Joseph Roth. Wohin soll ich jetzt?.

Viajaban en trenes nocturnos gracias a un bono de trenes que permitía ciertas extravagancias a unos entonces jóvenes que preparaban una tesis sobre la caída del imperio Austrohúngaro. 

Nunca sabían el destino. Elegían las ciudades por la sonoridad de su nombre. Alguna vez llegaban a las fronteras y volvían. Se lo habían leído a Roth y eso era bastante para pasar las noches en un tren vacío. 

Lo hacían porque siempre está por responder la pregunta con la que Roth cerraba sus novelas ¿a dónde puedo ir yo, un Trotta?. Wohin soll ich jetzt, ich, ein Trotta?. La respuesta sólo estaba en un viaje con los ojos de otro tiempo, hoy todos saben el destino, por eso no hay viajeros. Esto fue un viaje al pasado.

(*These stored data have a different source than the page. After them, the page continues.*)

ghost use Rattle.std.specs.Prelude.{◌≡◌, ◌<◌, false, length, map, slice_index_or};
ghost use Rattle.lift_model.specs.Model.{choices, row_at, choices_support, live, union};
ghost use Rattle.lift_model.specs.Valid.{IsModel, IsRow};

use crate::kind::Kind;
use crate::row::{Row, choices_support};
use lift_names::Names;

/// A parametric Markov model: its kind, its common denominator, its parameters, its goal states, its
/// initial state, and for each state its choices. The probability of an entry is its polynomial over
/// the common denominator.
///
/// States are numbered from 0, and so are the choices of a state. There are from 1 to 65,536 states, at
/// least one of them a goal state, at most 131,072 choices, at least one for each state and exactly one
/// in a chain, at most 262,144 entries, and at most 16 parameters. The denominator is from 1 to
/// 2^62 - 1, and each coefficient's size is below 2^100. The targets of a row are states and distinct.
#[derive(Drop)]
pub struct Model {
    kind: Kind,
    common: i64,
    names: Names,
    goal: Vec<bool>,
    init: u32,
    states: Vec<Vec<Row>>,
    live: u16,
}

impl std::marker::Model for Model {
    ghost use Rattle.std.specs.Prelude.{◌≡◌, map};
    ghost use Rattle.lift_model.specs.Model.{ModelData, choices_support, union};
    ghost use Rattle.lift_model.specs.Valid.{IsModel, IsRow};

    ghost Value = { ModelData };

    ghost view = { λ m. record {
      kind = m.kind;
      common = m.common;
      names = m.names;
      goal = m.goal.items;
      init = m.init;
      states = map (λ v. v.items) m.states.items;
    } };

    ghost invariant = { λ m. IsModel (record {
      kind = m.kind;
      common = m.common;
      names = m.names;
      goal = m.goal.items;
      init = m.init;
      states = map (λ v. v.items) m.states.items;
    }) × (m.live ≡ union (map choices_support (map (λ v. v.items) m.states.items))) };
}

/// The set of the parameters that occur in some row of these states.
fn live_of(states: &[Vec<Row>]) -> u16
    ensures { result ≡ union (map choices_support (map (λ v. v.items) states.now)) }
{
    let mut set = 0;
    for choices in states {
        set |= choices_support(choices);
    }
    set
}

impl Model {
    /// The model of these parts, `c` being the common denominator. Takes no memory, and is linear in the number of
    /// choices.
    pub fn new(
        kind: Kind,
        c: i64,
        names: Names,
        goal: Vec<bool>,
        init: u32,
        states: Vec<Vec<Row>>,
    ) -> Self
        requires { IsModel (record {
          kind = kind;
          common = c;
          names = names;
          goal = goal.items;
          init = init;
          states = map (λ v. v.items) states.items;
        }) }
        ensures { result ≡ record {
          kind = kind;
          common = c;
          names = names;
          goal = goal.items;
          init = init;
          states = map (λ v. v.items) states.items;
        } }
    {
        let live = live_of(&states);
        Model {
            kind,
            common: c,
            names,
            goal,
            init,
            states,
            live,
        }
    }

    /// Whether each state has exactly one choice.
    pub fn kind(&self) -> Kind
        ensures { result ≡ self.now.kind }
    {
        self.kind
    }

    /// The common denominator of all probabilities.
    pub fn common(&self) -> i64
        ensures value { result ≡ self.now.common }
        ensures model { IsModel self.now }
    {
        self.common
    }

    /// The names of the parameters, in declared order.
    pub fn names(&self) -> &Names
        ensures value { result.now ≡ self.now.names }
        ensures model { IsModel self.now }
    {
        &self.names
    }

    /// Whether the state is a goal state.
    pub fn is_goal(&self, s: u32) -> bool
        requires { s < length self.now.states }
        ensures { result ≡ slice_index_or self.now.goal s false }
    {
        self.goal[s as usize]
    }

    /// The initial state.
    pub fn init(&self) -> u32
        ensures value { result ≡ self.now.init }
        ensures model { IsModel self.now }
    {
        self.init
    }

    /// The number of states.
    pub fn states(&self) -> u32
        ensures value { result ≡ length self.now.states }
        ensures model { IsModel self.now }
    {
        self.states.len() as u32
    }

    /// The number of choices of the state.
    pub fn choices(&self, s: u32) -> u32
        requires { s < length self.now.states }
        ensures { result ≡ length (choices self.now s) }
    {
        self.states[s as usize].len() as u32
    }

    /// The row of the state's choice of that number.
    pub fn row(&self, s: u32, a: u32) -> &Row
        requires state { s < length self.now.states }
        requires choice { a < length (choices self.now s) }
        ensures value { result.now ≡ row_at self.now s a }
        ensures valid { IsRow (length self.now.states) (length self.now.names) result.now }
        ensures model { IsModel self.now }
    {
        &self.states[s as usize][a as usize]
    }

    /// The set of the parameters that occur in some row, also of a goal state.
    pub fn live(&self) -> u16
        ensures { result ≡ live self.now }
    {
        self.live
    }
}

Una vez dijo el viajero que lo hacían porque sólo Roth sabía ver Viena con los ojos del exilio y leyó “ "aquellas tardes fugaces, temerosas, teníamos que precipitarnos para aprehenderlas antes de su desaparición". "Y me gustaba, por encima de todo, sorprender su último reflejo, el más dulce, en un café, donde se insinuaba todavía, tenue, como un perfume".”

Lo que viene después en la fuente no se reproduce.